# Quiz: Data Wrangling and Visualization

Congratulations on completing the Data Wrangling and Visualization course! We will conduct an assessment quiz to test your competencies about the material that you have learned in the course. The quiz is expected to be taken in the classroom, please contact our teaching team if you missed the chance to take it in class.

In [None]:
import pandas as pd
import numpy as np
import matplotlib as plt

In [None]:
pd.__version__

> **Warning**: Please make sure that you `pandas` version is 1.3.4 



## Data Preparation

In this quiz, the data we're going to use is **the invoice summary of transaction data** of an online retail shop provided from UCI Machine Learning [repository](https://archive.ics.uci.edu/ml/datasets/online+retail). All the transactions occurred between the end of 2010 to end of 2011 for a UK-based and registered non-store online retail:

- `InvoiceNo`: unique invoice ID
- `TotalPrice`: total price from the transactions
- `UniqueItem`: number of the unique items bought per transaction/invoice
- `CustomerID`: customer identification
- `Country`: customer's country origin
- `InvoiceDate`: date of transaction

In [None]:
invoice = pd.read_csv('data_input/retail_invoice.csv',index_col='InvoiceNo')
invoice.head()

Before you go any further, check the data type of each column using `dtypes` and make sure all of our columns have stored in the correct data type!

In [None]:
## Your code here


The company is planning for expansion and you were asked to observe their overseas market.

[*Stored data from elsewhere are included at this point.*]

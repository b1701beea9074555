//! Digits of the bases of constants.
ghost use Rattle.std.specs.Prelude.{◌≡◌, ℕ, ◌+◌, ◌*◌, ◌<◌, ◌≤◌, MatchOption, None, Some};
ghost use Rattle.cx_condition.specs.Digits.{begins_with_digit, digit_of, is_digit, radix};
ghost use Rattle.cx_condition.specs.Shapes.Reading.{digits_read, grown};

use crate::bytes::first;

/// The base of a constant (C11 6.4.4.1).
#[derive(Clone, Copy, Debug, PartialEq, Eq)]
pub enum Base {
    Octal,
    Decimal,
    Hexadecimal,
}

fn radix(base: Base) -> u8
    ensures { result ≡ radix base }
{
    match base {
        Base::Octal => 8,
        Base::Decimal => 10,
        Base::Hexadecimal => 16,
    }
}

// What a digit counts; 16 for what is none.
#[tactic(auto, unfolding(crate::specs::Digits::digit_of))]
fn digit_of(byte: u8) -> u8
    ensures value { result ≡ digit_of byte }
    ensures bound { result ≤ 16 }
{
    match byte {
        b'0'..=b'9' => byte - b'0',
        b'a'..=b'f' => byte - b'a' + 10,
        b'A'..=b'F' => byte - b'A' + 10,
        _ => 16,
    }
}

#[tactic(auto, unfolding(crate::specs::Digits::is_digit))]
pub fn is_digit(base: Base, byte: u8) -> bool
    ensures { result ≡ is_digit base byte }
{
    digit_of(byte) < radix(base)
}

#[tactic(auto, unfolding(crate::specs::Digits::begins_with_digit))]
pub fn begins_with_digit(base: Base, text: &[u8]) -> bool
    ensures { result ≡ begins_with_digit base text.now }
{
    let Some((byte, _)) = first(text) else {
        return false;
    };
    is_digit(base, byte)
}

// A value with one digit more, where 64 bits hold it.
#[tactic(auto, unfolding(crate::specs::Shapes::Reading::grown))]
fn grown(base: Base, value: u64, byte: u8) -> Option<u64>
    ensures { result ≡ grown base value byte }
{
    let more = u128::from(radix(base)) * u128::from(value) + u128::from(digit_of(byte));
    if more > 18_446_744_073_709_551_615 {
        return None;
    }
    Some(more as u64)
}

/// The value of the digits in front, where 64 bits hold it, and what is behind them.
#[tactic(auto, using(crate::proofs::DigitLaws::read_end, crate::proofs::DigitLaws::read_stop, crate::proofs::DigitLaws::read_more, crate::proofs::DigitLaws::read_great))]
pub fn digits<'a>(base: Base, text: &'a [u8]) -> Option<(u64, &'a [u8])>
    ensures { MatchOption result (digits_read base 0 text.now ≡ None)
        (λ x. digits_read base 0 text.now ≡ Some (x.0, x.1.now)) }
{
    let mut value = 0;
    let mut rest = text;
    while let Some((byte, more)) = first(rest) {
        if !is_digit(base, byte) {
            return Some((value, rest));
        }
        value = grown(base, value, byte)?;
        rest = more;
    }
    Some((value, rest))
}
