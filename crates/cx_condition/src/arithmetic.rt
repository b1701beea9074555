//! What the operators make of operands.
ghost use Rattle.std.specs.Prelude.{◌≡◌, Bool as boolean, neg_ℤ, negsuc, pos, ◌-ℤ◌, ◌*ℤ◌, ◌+ℤ◌, ◌^◌, int_lt, int_div, int_rem, ◌≢◌, ◌/◌, ◌<◌, ◌==◌, unsigned_abs, not, false, Some, option_map, option_and_then, if◌then◌else◌};
ghost use Rattle.cx_condition.specs.Shapes.Signs.{has_sign, is_below_zero};
ghost use Rattle.cx_condition.specs.Values.{binary, bits_of, both, shift_bits, unless_zero, choice, common, converted, either, is_relation, number_of, result_of, shift, shifted, truth, unary};

use crate::operator::{Operator, Unary};
use crate::value::{Operand, Value, operand_value};

// The bit of the sign.
const SIGN: u64 = 9_223_372_036_854_775_808;

fn has_sign(is_unsigned: bool, bits: u64) -> bool
    ensures { result ≡ has_sign is_unsigned bits }
{
    !is_unsigned && bits >= SIGN
}

// Whether bits stand for a number below zero.
#[tactic(auto, using(crate::proofs::BitLaws::sign_of))]
fn is_negative(is_unsigned: bool, bits: u64) -> bool
    ensures sign { result ≡ has_sign is_unsigned bits }
    ensures number { result ≡ is_below_zero (number_of is_unsigned bits) }
{
    has_sign(is_unsigned, bits)
}

#[tactic(auto, using(crate::proofs::BitLaws::sums))]
fn sum(x: u64, y: u64) -> u64
    ensures { (u : boolean) → result ≡ bits_of (number_of u x +ℤ number_of u y) }
{
    x.wrapping_add(y)
}

#[tactic(auto, using(crate::proofs::BitLaws::differences))]
fn difference(x: u64, y: u64) -> u64
    ensures { (u : boolean) → result ≡ bits_of (number_of u x -ℤ number_of u y) }
{
    x.wrapping_sub(y)
}

#[tactic(auto, using(crate::proofs::BitLaws::products))]
fn product(x: u64, y: u64) -> u64
    ensures { (u : boolean) → result ≡ bits_of (number_of u x *ℤ number_of u y) }
{
    x.wrapping_mul(y)
}

#[tactic(auto, using(crate::proofs::BitLaws::negatives))]
fn negative(x: u64) -> u64
    ensures { (u : boolean) → result ≡ bits_of (neg_ℤ (number_of u x)) }
{
    0_u64.wrapping_sub(x)
}

#[tactic(auto, using(crate::proofs::BitLaws::complements))]
fn complement(x: u64) -> u64
    ensures { (u : boolean) → result ≡ bits_of (negsuc 0 -ℤ number_of u x) }
{
    !x
}

// Bits moved down by a count.
#[tactic(auto, using(crate::proofs::BitLaws::nothing_left))]
fn moved_down(x: u64, count: u64) -> u64
    ensures { result ≡ x / 2 ^ count }
{
    if count >= 64 {
        return 0;
    }
    x >> count
}

#[tactic(auto, using(crate::proofs::BitLaws::zero_shift, crate::proofs::BitLaws::left_shifts, crate::proofs::BitLaws::left_shift))]
fn moved_left(x: u64, count: u64) -> u64
    ensures { (u : boolean) → result ≡ bits_of (shifted (number_of u x) (pos count)) }
{
    if count >= 64 {
        return 0;
    }
    x << count
}

// A number moved to the right; one below zero is rounded down.
#[tactic(auto, using(crate::proofs::BitLaws::right_low, crate::proofs::BitLaws::right_high))]
fn moved_right(is_unsigned: bool, x: u64, count: u64) -> u64
    ensures { result ≡ bits_of (shifted (number_of is_unsigned x) (neg_ℤ (pos count))) }
{
    if is_negative(is_unsigned, x) {
        return !moved_down(!x, count);
    }
    moved_down(x, count)
}

// A number shifted to the left by a number: to the right where that is below zero.
#[tactic(auto, using(crate::proofs::BitLaws::count_low, crate::proofs::BitLaws::count_high))]
fn shifted_left(a: Value, count: Value) -> u64
    ensures { result ≡ bits_of (shifted (number_of a.is_unsigned a.bits)
        (number_of count.is_unsigned count.bits)) }
{
    if is_negative(count.is_unsigned, count.bits) {
        return moved_right(a.is_unsigned, a.bits, 0_u64.wrapping_sub(count.bits));
    }
    moved_left(a.bits, count.bits)
}

#[tactic(auto, using(crate::proofs::BitLaws::count_low, crate::proofs::BitLaws::count_turned))]
fn shifted_right(a: Value, count: Value) -> u64
    ensures { result ≡ bits_of (shifted (number_of a.is_unsigned a.bits) (neg_ℤ
        (number_of count.is_unsigned count.bits))) }
{
    if is_negative(count.is_unsigned, count.bits) {
        return moved_left(a.bits, 0_u64.wrapping_sub(count.bits));
    }
    moved_right(a.is_unsigned, a.bits, count.bits)
}

// How far bits are from 0, as a number.
#[tactic(auto, using(crate::proofs::BitLaws::magnitude_low, crate::proofs::BitLaws::magnitude_high))]
fn magnitude(is_unsigned: bool, x: u64) -> u64
    ensures { result ≡ unsigned_abs (number_of is_unsigned x) }
{
    if is_negative(is_unsigned, x) {
        return 0_u64.wrapping_sub(x);
    }
    x
}

// A quotient, cut towards zero.
#[tactic(auto, using(crate::proofs::BitLaws::some_magnitude, crate::proofs::BitLaws::quotient_same, crate::proofs::BitLaws::quotient_other))]
fn quotient(is_unsigned: bool, x: u64, y: u64) -> u64
    requires { 0 < y }
    ensures { result ≡ bits_of (int_div (number_of is_unsigned x) (number_of is_unsigned y)) }
{
    let quotient = magnitude(is_unsigned, x) / magnitude(is_unsigned, y);
    if is_negative(is_unsigned, x) != is_negative(is_unsigned, y) {
        return 0_u64.wrapping_sub(quotient);
    }
    quotient
}

// A remainder, of the sign of the left side.
#[tactic(auto, using(crate::proofs::BitLaws::some_magnitude, crate::proofs::BitLaws::remainder_low, crate::proofs::BitLaws::remainder_high))]
fn remainder(is_unsigned: bool, x: u64, y: u64) -> u64
    requires { 0 < y }
    ensures { result ≡ bits_of (int_rem (number_of is_unsigned x) (number_of is_unsigned y)) }
{
    let remainder = magnitude(is_unsigned, x) % magnitude(is_unsigned, y);
    if is_negative(is_unsigned, x) {
        return 0_u64.wrapping_sub(remainder);
    }
    remainder
}

#[tactic(auto, using(crate::proofs::BitLaws::less_other, crate::proofs::BitLaws::less_same))]
fn is_less(is_unsigned: bool, x: u64, y: u64) -> bool
    ensures { result ≡ int_lt (number_of is_unsigned x) (number_of is_unsigned y) }
{
    let negative = is_negative(is_unsigned, x);
    if negative != is_negative(is_unsigned, y) {
        return negative;
    }
    x < y
}

fn truth(holds: bool) -> u64
    ensures { result ≡ truth holds }
{
    u64::from(holds)
}

fn divided(is_unsigned: bool, x: u64, y: u64) -> Option<u64>
    ensures { result ≡ unless_zero y (int_div (number_of is_unsigned x) (number_of is_unsigned y)) }
{
    if y == 0 {
        return None;
    }
    Some(quotient(is_unsigned, x, y))
}

fn rest_of(is_unsigned: bool, x: u64, y: u64) -> Option<u64>
    ensures { result ≡ unless_zero y (int_rem (number_of is_unsigned x) (number_of is_unsigned y)) }
{
    if y == 0 {
        return None;
    }
    Some(remainder(is_unsigned, x, y))
}

fn is_at_most(is_unsigned: bool, x: u64, y: u64) -> bool
    ensures { result ≡ not (int_lt (number_of is_unsigned y) (number_of is_unsigned x)) }
{
    !is_less(is_unsigned, y, x)
}

// The bits of what an operator makes of two sides of one type.
#[tactic(auto, unfolding(crate::specs::Values::result_of))]
fn result_of(operator: Operator, is_unsigned: bool, x: u64, y: u64) -> Option<u64>
    ensures { result ≡ result_of operator is_unsigned x y }
{
    match operator {
        Operator::Multiply => Some(product(x, y)),
        Operator::Divide => divided(is_unsigned, x, y),
        Operator::Remainder => rest_of(is_unsigned, x, y),
        Operator::Add => Some(sum(x, y)),
        Operator::Subtract => Some(difference(x, y)),
        Operator::Less => Some(truth(is_less(is_unsigned, x, y))),
        Operator::Greater => Some(truth(is_less(is_unsigned, y, x))),
        Operator::AtMost => Some(truth(is_at_most(is_unsigned, x, y))),
        Operator::AtLeast => Some(truth(is_at_most(is_unsigned, y, x))),
        Operator::Equal => Some(truth(x == y)),
        Operator::Different => Some(truth(x != y)),
        Operator::And => Some(x & y),
        Operator::ExclusiveOr => Some(x ^ y),
        Operator::Or => Some(x | y),
        _ => None,
    }
}

#[tactic(auto, unfolding(crate::specs::Values::is_relation))]
fn is_relation(operator: Operator) -> bool
    ensures { result ≡ is_relation operator }
{
    matches!(
        operator,
        Operator::Less
            | Operator::Greater
            | Operator::AtMost
            | Operator::AtLeast
            | Operator::Equal
            | Operator::Different
    )
}

fn common(a: Operand, b: Operand) -> bool
    ensures { result ≡ common a b }
{
    a.is_unsigned || b.is_unsigned
}

fn converted_bits(
    operator: Operator,
    is_unsigned: bool,
    a: Option<u64>,
    b: Option<u64>,
) -> Option<u64>
    ensures { result ≡ option_and_then (λ x. option_and_then
        (λ y. result_of operator is_unsigned x y) b) a }
{
    let x = a?;
    let y = b?;
    result_of(operator, is_unsigned, x, y)
}

#[tactic(auto, unfolding(crate::specs::Values::converted))]
fn converted(operator: Operator, a: Operand, b: Operand) -> Operand
    ensures { result ≡ converted operator a b }
{
    let is_unsigned = common(a, b);
    let bits = converted_bits(operator, is_unsigned, a.bits, b.bits);
    if is_relation(operator) {
        return Operand {
            is_unsigned: false,
            bits,
        };
    }
    Operand { is_unsigned, bits }
}

fn shift_left_bits(a: Operand, count: Operand) -> Option<u64>
    ensures { result ≡ shift_bits (λ n. n) a count }
{
    let value = operand_value(a)?;
    let count = operand_value(count)?;
    Some(shifted_left(value, count))
}

fn shift_right_bits(a: Operand, count: Operand) -> Option<u64>
    ensures { result ≡ shift_bits neg_ℤ a count }
{
    let value = operand_value(a)?;
    let count = operand_value(count)?;
    Some(shifted_right(value, count))
}

fn truth_of(bits: Option<u64>) -> Option<u64>
    ensures { result ≡ option_map (λ y. truth (not (y == 0))) bits }
{
    let bits = bits?;
    Some(truth(bits != 0))
}

#[tactic(auto, unfolding(crate::specs::Values::both))]
fn both(a: Operand, b: Operand) -> Operand
    ensures { result ≡ both a b }
{
    Operand {
        is_unsigned: false,
        bits: both_bits(a.bits, b.bits),
    }
}

fn both_bits(a: Option<u64>, b: Option<u64>) -> Option<u64>
    ensures { result ≡ option_and_then (λ x. if x == 0 then Some 0 else option_map (λ y. truth (not
        (y == 0))) b) a }
{
    if a? == 0 {
        return Some(0);
    }
    truth_of(b)
}

#[tactic(auto, unfolding(crate::specs::Values::either))]
fn either(a: Operand, b: Operand) -> Operand
    ensures { result ≡ either a b }
{
    Operand {
        is_unsigned: false,
        bits: either_bits(a.bits, b.bits),
    }
}

fn either_bits(a: Option<u64>, b: Option<u64>) -> Option<u64>
    ensures { result ≡ option_and_then (λ x. if x == 0 then option_map (λ y. truth (not
        (y == 0))) b else Some 1) a }
{
    if a? == 0 {
        return truth_of(b);
    }
    Some(1)
}

/// What an operator makes of two operands.
#[tactic(auto, unfolding(crate::specs::Values::binary, crate::specs::Values::shift))]
pub fn binary(operator: Operator, a: Operand, b: Operand) -> Operand
    ensures { result ≡ binary operator a b }
{
    match operator {
        Operator::LogicalAnd => both(a, b),
        Operator::LogicalOr => either(a, b),
        Operator::ShiftLeft => Operand {
            is_unsigned: a.is_unsigned,
            bits: shift_left_bits(a, b),
        },
        Operator::ShiftRight => Operand {
            is_unsigned: a.is_unsigned,
            bits: shift_right_bits(a, b),
        },
        _ => converted(operator, a, b),
    }
}

fn negative_bits(is_unsigned: bool, bits: Option<u64>) -> Option<u64>
    ensures { result ≡ option_map (λ x. bits_of (neg_ℤ (number_of is_unsigned x))) bits }
{
    Some(negative(bits?))
}

fn complement_bits(is_unsigned: bool, bits: Option<u64>) -> Option<u64>
    ensures { result ≡ option_map (λ x. bits_of (negsuc 0 -ℤ number_of is_unsigned x)) bits }
{
    Some(complement(bits?))
}

fn not_bits(bits: Option<u64>) -> Option<u64>
    ensures { result ≡ option_map (λ x. truth (x == 0)) bits }
{
    let bits = bits?;
    Some(truth(bits == 0))
}

/// What an operator makes of one operand.
#[tactic(auto, unfolding(crate::specs::Values::unary))]
pub fn unary(operator: Unary, a: Operand) -> Operand
    ensures { result ≡ unary operator a }
{
    match operator {
        Unary::Plus => a,
        Unary::Minus => Operand {
            is_unsigned: a.is_unsigned,
            bits: negative_bits(a.is_unsigned, a.bits),
        },
        Unary::Complement => Operand {
            is_unsigned: a.is_unsigned,
            bits: complement_bits(a.is_unsigned, a.bits),
        },
        Unary::Not => Operand {
            is_unsigned: false,
            bits: not_bits(a.bits),
        },
    }
}

fn chosen_bits(c: Option<u64>, a: Option<u64>, b: Option<u64>) -> Option<u64>
    ensures { result ≡ option_and_then (λ x. if x == 0 then b else a) c }
{
    if c? == 0 {
        return b;
    }
    a
}

/// What `c ? a : b` makes of three operands.
#[tactic(auto, unfolding(crate::specs::Values::choice))]
pub fn choice(c: Operand, a: Operand, b: Operand) -> Operand
    ensures { result ≡ choice c a b }
{
    Operand {
        is_unsigned: common(a, b),
        bits: chosen_bits(c.bits, a.bits, b.bits),
    }
}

Using any subsetting method you've learned, subset the data to get only **the transactions from countries (`Country`) outside the United Kingdom** and name it **`invoice_int`**!

In [None]:
## Your code here



## Total Revenue Analysis

The country with the largest total revenue will be your company's target market. Therefore, using the `invoice_int` data, create a bar chart which shows the company's **top 5** largest market countries by **total** revenue (`TotalPrice`)!

*Hint*:
- Perform aggregation using `groupby` to get the total (`sum`) of revenue (`TotalPrice`) for each country and subset only the top 5 countries with the highest value.
- Pair the data frame with `.plot()` to get a bar chart.

In [None]:
## Your code here


1. When creating a bar chart, we should also consider what order in which we will plot the bars. Sorting the bars by the right order reduce the burden on the reader to make the comparisons. In what ordering do you think the bars within the case above should be presented?

    *Saat membuat diagram batang (bar plot), kita juga harus mempertimbangkan urutan batangnya. Mengurutkan batang dengan urutan yang benar mengurangi beban pembaca untuk menyimpulkan perbandingannya. Menurut Anda, berdasarkan nilai apakah sebaiknya pengurutan diagram batang pada kasus di atas dilakukan?*

    - [ ] by Country: `sort_values('Country', ascending = False).plot(kind='bar')`
    - [ ] by Country: `sort_values('Country').plot(kind='barh')`
    - [ ] by Value: `sort_values('TotalPrice', ascending=False).plot(kind='bar')`
    - [ ] by Value: `sort_values('TotalPrice').plot()`

2. From the chart you just created, which of the following is **not** among the top 5 largest markets outside the United Kingdom?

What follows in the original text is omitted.